28.4 Äußerung der Forstverwaltung
Die Forstverwaltung hat in ihren Stellungnahmen angemerkt, dass sie ihren Personaleinsatz im Rahmen der staatlichen Betriebsleitung bzw. Betriebsausführung weiterhin dynamisch anpassen wird. Die Zahl der eingesetzten Mitarbeiter sei auch niedriger als vom ORH angenommen. Die Forstverwaltung arbeite bei der Frage der Rückführung dieser Tätigkeit durchaus konzeptionell. Bis 01.01.2010 sei den Kommunen die staatliche Dienstleistung allerdings zugesagt gewesen. Es sei letztlich auch kein Ausstieg aus der Betreuung des Kommunalwaldes beschlossen worden, sondern nur eine "Rückführung". Neben dem fortschreitenden Weggang von Kommunen aus der "staatlichen Beförsterung" habe die Forstverwaltung Anträge mehrerer Kommunen auf Übernahme der Betriebsausführung durch die Forstverwaltung abgelehnt. Diese Entwicklung werde vermutlich anhalten. Dem ORH sei zuzugestehen, dass Kommunen mit kleinerem Waldbesitz ein höheres Interesse an staatlicher Betreuung hätten.

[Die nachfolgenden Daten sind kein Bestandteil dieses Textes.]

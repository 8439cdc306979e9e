// The check program on goal 10 with term 2: refused 20 at place 5.
#![tactic(auto)]

fn main(rt: HostRuntime) -> std::io::Result<()> {
    check_kit::run(&rt)
}
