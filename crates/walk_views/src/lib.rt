// What a viewer asks besides: the walk at {v}, a walk that faces the other way, and the points of a place.
#![tactic(auto)]

ghost use Rattle.std.specs.Prelude.{◌≡◌};
ghost use Rattle.walk_views.specs.Turned.{turned_as};

mod beginning;
mod pointing;

pub use beginning::at_start;
pub use pointing::points;
use walk_places::{Place, Walk};

// The number of the first of questions 1 to 7 that is answered no, or 0 and the walk at {v}.
#[derive(Clone, Copy)]
pub struct Begun {
    pub code: u8,
    pub walk: Walk,
}

// The number of the first of questions 1 to 7 and 20 that is answered no, or 0, how many points the place has, and
// their numbers, m for each point in rising order of coefficient sum, with 0 behind.
#[derive(Clone, Copy)]
pub struct PlacePoints {
    pub code: u8,
    pub count: usize,
    pub numbers: [u16; 256],
}

// The walk with another place before it: it faces the other way where that is the one it would be moved on to.
pub fn turned(w: Walk, before: Place) -> Walk
    ensures { result ≡ turned_as w before }
{
    Walk { before, ..w }
}
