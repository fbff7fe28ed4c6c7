// The calls that are lent a walk. Each function here lends a copy and gives it back, so that the others have it by
// value.
ghost use Rattle.std.specs.Prelude.{◌≡◌, IfOk};
ghost use Rattle.walk_calls.specs.Calls.{call_of};
ghost use Rattle.walk_numbers.specs.Answered.{after_beginning, after_moving, after_pointing, after_showing};

use crate::printing::show_told;
use std::io;
use std::io::Print;
use walk_calls::move_on;
use walk_exports::{
    leveretplate_move_on, leveretplate_preview, leveretplate_walk_at_start,
    leveretplate_walk_points,
};
use walk_numbers::Answered;
use walk_places::Walk;

pub fn begun(
    mut s: Answered,
    sizes: &[u8],
    divisions: &[u16],
    start: &[u16],
    labels: &[u8],
) -> Answered
    ensures { result ≡ after_beginning s
        sizes.now divisions.now start.now labels.now }
{
    leveretplate_walk_at_start(&mut s, sizes, divisions, start, labels);
    s
}

pub fn moved(mut s: Answered, labels: &[u8]) -> Answered
    ensures { result ≡ after_moving s labels.now }
{
    leveretplate_move_on(&mut s, labels);
    s
}

pub fn shown(mut s: Answered, labels: &[u8]) -> Answered
    ensures { result ≡ after_showing s labels.now }
{
    leveretplate_preview(&mut s, labels);
    s
}

pub fn pointed(mut s: Answered, labels: &[u8]) -> Answered
    ensures { result ≡ after_pointing s labels.now }
{
    leveretplate_walk_points(&mut s, labels);
    s
}

// The thin function that takes the walk itself: what it tells is printed. Where that cannot be printed, the error is
// the answer, and no walk is given back: the caller still has its own.
pub fn lent(rt: &impl Print, mut w: Walk, labels: &[u8]) -> io::Result<Walk>
    ensures { IfOk result (λ walk. walk ≡ (call_of w labels.now).walk) }
{
    show_told(rt, move_on(&mut w, labels))?;
    Ok(w)
}

// The same answer with another walk.
pub fn with_walk(mut s: Answered, walk: Walk) -> Answered {
    s.walk = walk;
    s
}
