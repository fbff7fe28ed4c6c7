// The walk at {v}.
ghost use Rattle.std.specs.Prelude.{◌≡◌, ◌≤◌, length, replicate, take};
ghost use Rattle.combinatorics.specs.Front.{front};
ghost use Rattle.grid_points.specs.Grid.{lent};
ghost use Rattle.grid.specs.Made.{IsMade, shape};
ghost use Rattle.place.specs.Problem.{label as label_in};
ghost use Rattle.questions.specs.Questions.{first_no};
ghost use Rattle.walk_calls.specs.Asked.{later_walk_questions};
ghost use Rattle.walk_views.specs.Begun.{begun_of, begun_on, no_walk, start_walk, CanLabelStart};

use crate::Begun;
use grid::Grid;
use label_table::byte_at;
use positions::ENTRIES;
use walk_calls::first_table_no;
use walk_places::{Place, Walk, none};

// Numbers at the front of an array, 0 behind.
fn copied(numbers: &[u16]) -> [u16; 16]
    requires { length numbers.now ≤ 16 }
    ensures { result ≡ front numbers.now (replicate 16 0) }
{
    let mut a = [0u16; 16];
    a[..numbers.len()].copy_from_slice(numbers);
    a
}

// What stands beside a refusal.
fn no_walk() -> Walk
    ensures { result ≡ no_walk }
{
    Walk {
        places: 0,
        labels_read: 0,
        present: none(),
        before: none(),
        start: [0u16; 16],
        divisions: [0u16; 6],
        sizes: [0u8; 6],
        blocks: 0,
        carried: [0u8; 16],
    }
}

// The table's label of the start, whose numbers stand at the front of y.
fn label_of(g: Grid, y: &[u16; 16], labels: &[u8]) -> u8
    requires { CanLabelStart g y.now labels.now }
    ensures { let v = take g.indices y.now in
        result ≡ label_in (begun_on (shape g) v labels.now) v }
{
    let mut binomials = [0u16; ENTRIES];
    positions::binomials(g, &mut binomials);
    let steps = [16u16; 16];
    byte_at(labels, positions::position(g, &binomials, y, &steps))
}

// The walk at {v}, behind questions 1 to 7.
fn start_on(g: Grid, start: &[u16], labels: &[u8]) -> Walk
    requires { IsMade g × (first_no (later_walk_questions g start.now labels.now) ≡ 0) }
    ensures { let v = start.now in
        result ≡ start_walk (shape g) v (label_in (begun_on (shape g) v labels.now) v) }
{
    let y = copied(start);
    let mut carried = [0u8; 16];
    carried[0] = label_of(g, &y, labels);
    let Grid {
        divisions,
        sizes,
        ..
    } = g;
    let present = Place {
        first: y,
        order: [0u32; 16],
        count: 1,
    };
    Walk {
        places: 1,
        labels_read: 1,
        present,
        before: none(),
        start: y,
        divisions,
        sizes,
        blocks: g.blocks as u8,
        carried,
    }
}

// Makes the walk at {v}, with 1 as its places so far and its labels read: questions 1 to 7 about any sizes, divisions,
// start and labels.
pub fn at_start(sizes: &[u8], divisions: &[u16], start: &[u16], labels: &[u8]) -> Begun
    ensures { result ≡ begun_of
        (lent sizes.now divisions.now) start.now labels.now }
{
    let made = Grid::new(sizes, divisions);
    if made.code != 0 {
        return Begun {
            code: made.code,
            walk: no_walk(),
        };
    }
    let number = first_table_no(made.grid, start, labels);
    if number != 0 {
        return Begun {
            code: number,
            walk: no_walk(),
        };
    }
    Begun {
        code: 0,
        walk: start_on(made.grid, start, labels),
    }
}
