// What is read of a walk: 6 sizes, the number of blocks and of the points of both places, and the labels that it
// carries, in bytes; 6 divisions, the start and of both places the first point and the order, in numbers of 16 bits;
// the places so far and the labels read.
use case_lines::{bytes, number, words};
use std::io;
use std::io::Input;
use walk_numbers::Answered;
use walk_places::{Place, Walk};

fn read_place(rt: &impl Input, count: u8) -> io::Result<Place> {
    let mut first = [0u16; 16];
    let mut indices = [0u16; 16];
    words(rt, &mut first)?;
    words(rt, &mut indices)?;
    let order = indices.map(u32::from);
    Ok(Place {
        first,
        order,
        count,
    })
}

fn read_walk(rt: &impl Input) -> io::Result<Walk> {
    let mut sizes = [0u8; 6];
    let mut counts = [0u8; 3];
    let mut carried = [0u8; 16];
    let mut divisions = [0u16; 6];
    let mut start = [0u16; 16];
    bytes(rt, &mut sizes)?;
    bytes(rt, &mut counts)?;
    bytes(rt, &mut carried)?;
    words(rt, &mut divisions)?;
    words(rt, &mut start)?;
    let present = read_place(rt, counts[1])?;
    let before = read_place(rt, counts[2])?;
    let places = number(rt)?;
    let labels_read = number(rt)?;
    Ok(Walk {
        places,
        labels_read,
        present,
        before,
        start,
        divisions,
        sizes,
        blocks: counts[0],
        carried,
    })
}

// The walk, with an answer that no call gives.
pub fn read_answered(rt: &impl Input) -> io::Result<Answered> {
    let walk = read_walk(rt)?;
    Ok(Answered {
        walk,
        vertices: 7,
        fields: [7u32; 6],
        simplex: [7u16; 256],
        number: 7,
        kind: 7,
        block: 7,
        rule: 7,
        map: 7,
    })
}
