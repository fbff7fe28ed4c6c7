// The lines of what a call answers, and of a walk.
use case_lines::{show_bytes, show_numbers, show_runs};
use std::io;
use std::io::Print;
use walk_calls::Told;
use walk_numbers::Answered;
use walk_places::{Place, Walk};
use walk_ways::WalkAnswer;

fn show_place(rt: &impl Print, place: Place) -> io::Result<()> {
    println!(rt; " count {}", place.count)?;
    show_runs(rt, " first", &place.first)?;
    show_numbers(rt, " order", &place.order)
}

fn show_walk(rt: &impl Print, w: Walk) -> io::Result<()> {
    println!(rt; "places {}", w.places)?;
    println!(rt; "labels read {}", w.labels_read)?;
    println!(rt; "present")?;
    show_place(rt, w.present)?;
    println!(rt; "before")?;
    show_place(rt, w.before)?;
    println!(rt; "blocks {}", w.blocks)?;
    show_bytes(rt, "sizes", &w.sizes)?;
    show_runs(rt, "divisions", &w.divisions)?;
    show_runs(rt, "start", &w.start)?;
    show_bytes(rt, "carried", &w.carried)
}

pub fn show_answered(rt: &impl Print, s: Answered) -> io::Result<()> {
    println!(rt;
        "number, kind, block, vertices, rule, map {} {} {} {} {} {}",
        s.number, s.kind, s.block, s.vertices, s.rule, s.map
    )?;
    show_numbers(rt, "fields", &s.fields)?;
    show_runs(rt, "simplex", &s.simplex)?;
    show_walk(rt, s.walk)
}

// What the thin function tells.
pub fn show_told(rt: &impl Print, told: Told) -> io::Result<()> {
    match told.answer {
        WalkAnswer::Refused(number) => println!(rt; "told refused {number}")?,
        WalkAnswer::Ended {
            kind,
            block,
            vertices,
        } => {
            println!(rt; "told end of kind {}", u8::from(kind))?;
            println!(rt; "told block {block}")?;
            println!(rt; "told vertices {vertices}")?;
        }
        WalkAnswer::Moved(rule) => println!(rt; "told rule {rule}")?,
    }
    show_runs(rt, "told simplex", &told.simplex)
}
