// The points of a walk's present place.
ghost use Rattle.std.specs.Prelude.{◌≡◌};
ghost use Rattle.questions.specs.Questions.{first_no};
ghost use Rattle.grid.specs.Made.{IsMade, shape};
ghost use Rattle.place.specs.Questions.{table_questions};
ghost use Rattle.walk_places.specs.Walks.{table_on};
ghost use Rattle.walk_views.specs.Viewed.{CanPoint, no_points, points_at, points_of, points_on};

use crate::PlacePoints;
use arrays::{Held, round_of};
use grid::Grid;
use moves::{Status, put_points};
use walk_calls::{first_table_no, grid_in};
use walk_next::spare;
use walk_places::{Walk, held_in, is_kept, seen};
use walk_recogniser::Sets;

// A refusal.
fn no_points(code: u8) -> PlacePoints
    ensures { result ≡ no_points code }
{
    PlacePoints {
        code,
        count: 0,
        numbers: [0u16; 256],
    }
}

// The points of a place that is recognised.
fn put(g: Grid, w: Walk, labels: &[u8], held: &Held, n: usize, sets: Sets) -> PlacePoints
    requires { CanPoint g w labels.now held.now n sets }
    ensures { result ≡ points_at (shape g) w }
{
    let s = Status {
        rule: 1,
        count: n,
        t: sets.t,
        u: sets.u,
        active: 0,
    };
    let round = round_of(g);
    let mut numbers = [0u16; 256];
    let count = put_points(&held, &round, s, g.indices, 0, &mut numbers);
    PlacePoints {
        code: 0,
        count,
        numbers,
    }
}

// The points, on a walk that passes questions 1 to 7: 20 is asked of the present place alone.
fn points_on(g: Grid, w: Walk, labels: &[u8]) -> PlacePoints
    requires { IsMade g × (first_no (table_questions (table_on g w labels.now)) ≡ 0) }
    ensures { result ≡ points_on (shape g) w labels.now }
{
    if !is_kept(w.present, g.indices) {
        return no_points(20);
    }
    let n = usize::from(w.present.count) - 1;
    let mut held = held_in(w.present);
    let Some(sets) = seen(g, w, labels, &mut held, n) else {
        return no_points(20);
    };
    let spared = spare(&held.marks, n, sets.t);
    if spared.seen != sets.t {
        return no_points(20);
    }
    put(g, w, labels, &held, n, sets)
}

// Gives the points of the present place: questions 1 to 7 are put, and 20 of the place alone.
pub fn points(w: Walk, labels: &[u8]) -> PlacePoints
    ensures { result ≡ points_of w labels.now }
{
    let made = grid_in(w);
    if made.code != 0 {
        return no_points(made.code);
    }
    let g = made.grid;
    let number = first_table_no(g, &w.start[..g.indices], labels);
    if number != 0 {
        return no_points(number);
    }
    points_on(g, w, labels)
}
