// The grid that accepted sizes and divisions make.
ghost use Rattle.std.specs.Prelude.{[], ◌≡◌, ◌≤◌, ◌<◌, length};
ghost use Rattle.combinatorics.specs.Lists.{sum};
ghost use Rattle.questions.specs.Questions.{first_no};
ghost use Rattle.grid.specs.Build.{BlocksUnmarked, BlocksMarked, BlocksCounted, IndicesUnmarked, IndicesMarked};
ghost use Rattle.grid_points.specs.Grid.{Grid as Shape, block_in, lent, num_points};
ghost use Rattle.grid.specs.Made.{grid_of};
ghost use Rattle.grid_points.specs.Questions.{grid_questions};

use crate::Grid;
use grid_counts::{block_count, first_index, index_after, index_before};

// The block of index h.
fn block_of(sizes: &[u8], h: usize) -> usize
    requires { h < sum sizes.now }
    ensures { result ≡ block_in sizes.now h }
{
    let mut left = h;
    for (j, size) in sizes.iter().enumerate() {
        let size = usize::from(*size);
        if left < size {
            return j;
        }
        left -= size;
    }
    unreachable!()
}

// What is known of each block: the sizes and divisions themselves, first indices and counts.
fn mark_blocks(
    sizes: &[u8],
    divisions: &[u16],
    own_sizes: &mut [u8; 6],
    own_divisions: &mut [u16; 6],
    firsts: &mut [u8; 6],
    counts: &mut [u16; 6],
)
    requires divisions_value { first_no (grid_questions (lent sizes.now divisions.now)) ≡ 0 }
    requires blocks_unmarked { BlocksUnmarked own_sizes.old own_divisions.old firsts.old counts.old }
    ensures { let g = lent sizes.now divisions.now in
        BlocksMarked g own_sizes.new own_divisions.new firsts.new
        counts.new }
{
    own_sizes[..sizes.len()].copy_from_slice(sizes);
    own_divisions[..divisions.len()].copy_from_slice(divisions);
    for (j, size) in sizes.iter().enumerate() {
        firsts[j] = first_index(sizes, j) as u8;
        counts[j] = block_count(usize::from(*size), usize::from(divisions[j])) as u16;
    }
}

// P from the counts that are marked: question 4 has shown that it fits.
fn product(counts: &[u16; 6], blocks: usize) -> usize
    requires { (g : Shape) × BlocksCounted g counts.now blocks }
    ensures { (g : Shape) → BlocksCounted g counts.now blocks → result ≡ num_points g }
{
    let mut product: usize = 1;
    for count in &counts[..blocks] {
        product *= usize::from(*count);
    }
    product
}

// What is known of each index: its block, and its neighbours round the block.
fn mark_indices(
    sizes: &[u8],
    indices: usize,
    block: &mut [u8; 16],
    previous: &mut [u8; 16],
    next: &mut [u8; 16],
)
    requires indices_value { (indices ≡ sum sizes.now) × (indices ≤ 16) × (length sizes.now ≤ 6) }
    requires indices_unmarked { IndicesUnmarked block.old previous.old next.old }
    ensures { let g = lent sizes.now [] in
        IndicesMarked g block.new previous.new next.new }
{
    for h in 0..indices {
        let j = block_of(sizes, h);
        let first = first_index(sizes, j);
        let size = usize::from(sizes[j]);
        block[h] = j as u8;
        previous[h] = index_before(h, first, size);
        next[h] = index_after(h, first, size);
    }
}

pub fn built(sizes: &[u8], divisions: &[u16]) -> Grid
    requires { first_no (grid_questions (lent sizes.now divisions.now)) ≡ 0 }
    ensures { result ≡ grid_of (lent sizes.now divisions.now) }
{
    let mut own_sizes = [0u8; 6];
    let mut own_divisions = [0u16; 6];
    let mut firsts = [0u8; 6];
    let mut counts = [0u16; 6];
    mark_blocks(
        sizes,
        divisions,
        &mut own_sizes,
        &mut own_divisions,
        &mut firsts,
        &mut counts,
    );
    let blocks = sizes.len();
    let indices = first_index(sizes, blocks);
    let mut block = [0u8; 16];
    let mut previous = [0u8; 16];
    let mut next = [0u8; 16];
    mark_indices(sizes, indices, &mut block, &mut previous, &mut next);
    let points = product(&counts, blocks);
    Grid {
        sizes: own_sizes,
        divisions: own_divisions,
        firsts,
        counts,
        block,
        previous,
        next,
        blocks,
        indices,
        points,
    }
}
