// Questions 1 to 4, in order.
ghost use Rattle.std.specs.Prelude.{◌≡◌};
ghost use Rattle.questions.specs.Questions.{first_no};
ghost use Rattle.grid_points.specs.Questions.{grid_questions};
ghost use Rattle.grid_points.specs.Grid.{lent};

use crate::Grid;
use grid_counts::{each_at_least, each_one, first_index};

pub fn first_grid_no(sizes: &[u8], divisions: &[u16]) -> u8
    ensures { result ≡ first_no (grid_questions (lent sizes.now divisions.now)) }
{
    let blocks = sizes.len();
    if blocks < 1 || Grid::MAX_BLOCKS < blocks {
        return 1;
    }
    if !each_at_least(sizes, Grid::MIN_SIZE) || Grid::MAX_INDICES < first_index(sizes, blocks) {
        return 2;
    }
    if divisions.len() != blocks || !each_one(divisions) {
        return 3;
    }
    if Grid::MAX_POINTS < grid_counts::points(sizes, divisions) {
        return 4;
    }
    0
}
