// Blocks, indices and grid points. Indices and blocks count from 0.
#![tactic(auto)]

ghost use Rattle.std.specs.Prelude.{true, ◌≡◌, ◌<◌};
ghost use Rattle.grid_points.specs.Grid.{bound, is_grid_point, block_of, lent};
ghost use Rattle.grid.specs.Made.{made_of, no_grid, shape, IsMade};

mod build;
mod grid_questions;

// A grid with what is looked up at every move. At the front of each array stand the numbers of the
// blocks or of the indices, 0 behind.
#[derive(Clone, Copy)]
pub struct Grid {
    pub sizes: [u8; 6],
    pub divisions: [u16; 6],
    // the first index of each block
    pub firsts: [u8; 6],
    // how many lists of a block's size add up to its division
    pub counts: [u16; 6],
    // of each index: its block, and the index before and after it round the block
    pub block: [u8; 16],
    pub previous: [u8; 16],
    pub next: [u8; 16],
    // N, m and P
    pub blocks: usize,
    pub indices: usize,
    pub points: usize,
}

// The number of the first of questions 1 to 4 that is answered no, or 0 and the grid.
#[derive(Clone, Copy)]
pub struct Made {
    pub code: u8,
    pub grid: Grid,
}

// What follows `new` is for a grid that it made, and a caller of ours shows that.
impl Grid {
    pub const MAX_BLOCKS: usize = 6;

    pub const MIN_SIZE: u8 = 2;

    pub const MAX_INDICES: usize = 16;

    pub const MAX_POINTS: usize = grid_counts::MAX_POINTS;

    // What stands beside a refusal.
    pub fn none() -> Grid
        ensures { result ≡ no_grid }
    {
        Grid {
            sizes: [0u8; 6],
            divisions: [0u16; 6],
            firsts: [0u8; 6],
            counts: [0u16; 6],
            block: [0u8; 16],
            previous: [0u8; 16],
            next: [0u8; 16],
            blocks: 0,
            indices: 0,
            points: 0,
        }
    }

    // Questions 1 to 4 about any sizes and divisions.
    pub fn new(sizes: &[u8], divisions: &[u16]) -> Made
        ensures { result ≡ made_of (lent sizes.now divisions.now) }
    {
        let code = grid_questions::first_grid_no(sizes, divisions);
        if code == 0 {
            let grid = build::built(sizes, divisions);
            Made { code, grid }
        } else {
            let grid = Grid::none();
            Made { code, grid }
        }
    }

    // P times the sum 1 + m + m (m - 1) + .., whose last term has n factors.
    pub fn bound(self) -> u64
        requires { IsMade self }
        ensures { result ≡ bound (shape self) }
    {
        self.points as u64
            * grid_counts::terms(self.indices as u64, (self.indices - self.blocks) as u64)
    }

    // Question 5: has y m numbers, each block adding up to its division?
    pub fn is_grid_point(self, y: &[u16]) -> bool
        requires { IsMade self }
        ensures { result ≡ is_grid_point (shape self) y.now }
    {
        if y.len() != self.indices {
            return false;
        }
        for j in 0..self.blocks {
            let total = grid_counts::total(
                y,
                usize::from(self.firsts[j]),
                usize::from(self.sizes[j]),
            );
            if total != usize::from(self.divisions[j]) {
                return false;
            }
        }
        true
    }

    // The block of index h.
    pub fn block_of(self, h: usize) -> usize
        requires { IsMade self × (h < self.indices) }
        ensures { result ≡ block_of (shape self) h }
    {
        usize::from(self.block[h])
    }
}
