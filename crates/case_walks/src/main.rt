// Makes the stored calls on walks and prints after each all that it answers, and the walk. Standard input has how many
// walks there are, and then of each the name, the walk, and the calls: how many, and of each its kind and its fields.
#![tactic(auto)]

mod lending;
mod printing;
mod reading;

use case_lines::{bytes, name, number, words};
use printing::show_answered;
use reading::read_answered;
use std::io;
use std::io::{Input, Print};
use walk_numbers::Answered;
use walk_places::Walk;
use walk_views::turned;

// The walk at {v}, of the sizes, divisions and start that are read.
fn begin(rt: &impl Input, s: Answered, labels: &[u8]) -> io::Result<Answered> {
    let mut sizes = [0u8; 64];
    let mut divisions = [0u16; 64];
    let mut start = [0u16; 64];
    let blocks = bytes(rt, &mut sizes)?;
    let given = words(rt, &mut divisions)?;
    let from = words(rt, &mut start)?;
    Ok(lending::begun(
        s,
        &sizes[..blocks],
        &divisions[..given],
        &start[..from],
        labels,
    ))
}

// The kinds of calls.
#[derive(Clone, Copy, Debug, PartialEq, Eq)]
enum Call {
    Begin,
    Move,
    Preview,
    Points,
    MoveLent,
    // no call of the walk's: the walk as it was before the last one, which has moved it, facing the place to which it
    // was moved
    Turn,
}

// Standard input names them by numbers: any number but 1 to 5 is the last's.
impl From<u64> for Call {
    fn from(number: u64) -> Call {
        match number {
            1 => Call::Begin,
            2 => Call::Move,
            3 => Call::Preview,
            4 => Call::Points,
            5 => Call::MoveLent,
            _ => Call::Turn,
        }
    }
}

// A call over the labels that are read.
fn answer(
    rt: &(impl Input + Print),
    call: Call,
    s: Answered,
    behind: Walk,
) -> io::Result<Answered> {
    let mut labels = [0u8; 60001];
    let labelled = bytes(rt, &mut labels)?;
    let labels = &labels[..labelled];
    Ok(match call {
        Call::Begin => begin(rt, s, labels)?,
        Call::Move => lending::moved(s, labels),
        Call::Preview => lending::shown(s, labels),
        Call::Points => lending::pointed(s, labels),
        Call::MoveLent => lending::with_walk(s, lending::lent(rt, s.walk, labels)?),
        Call::Turn => lending::with_walk(s, turned(behind, s.walk.present)),
    })
}

fn make_calls(rt: &(impl Input + Print)) -> io::Result<()> {
    name(rt)?;
    let mut s = read_answered(rt)?;
    let mut behind = s.walk;
    for _ in 0..number(rt)? {
        let call = Call::from(number(rt)?);
        let next = answer(rt, call, s, behind)?;
        show_answered(rt, next)?;
        behind = s.walk;
        s = next;
    }
    Ok(())
}

fn main(rt: HostRuntime) -> io::Result<()> {
    for _ in 0..number(&rt)? {
        make_calls(&rt)?;
    }
    Ok(())
}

Eine Abkehr von der politisch festgesetzten stufenweisen Erhöhung der Entgelte auf 60% bis 2016 der dem Staat entstehenden Personalaufwendungen sei nicht vorgesehen. Die Forstverwaltung sehe in der praktizierten Entgeltbemessung keine Wettbewerbsverzerrung.
28.5 Schlussbemerkung des ORH
Nur durch einen konsequenten Abbau von Staatsaufgaben können die Ziele der Reform "Verwaltung 21" erreicht werden. Für ein Aufweichen des von der Staatsregierung ursprünglich beschlossenen Ausstiegs aus der Kommunalwaldbetreuung und dem damit verbundenen Stellenabbau gibt es angesichts der derzeitigen Haushaltslage keinen Spielraum. Die Forstverwaltung muss unverzüglich ein Konzept vorlegen, wie der Rückzug aus der Bewirtschaftung des Kommunalwaldes umgesetzt wird. Hierbei soll auch dargelegt werden, in welchen Schritten die Deckung von 60% der tatsächlichen Kosten erreicht wird.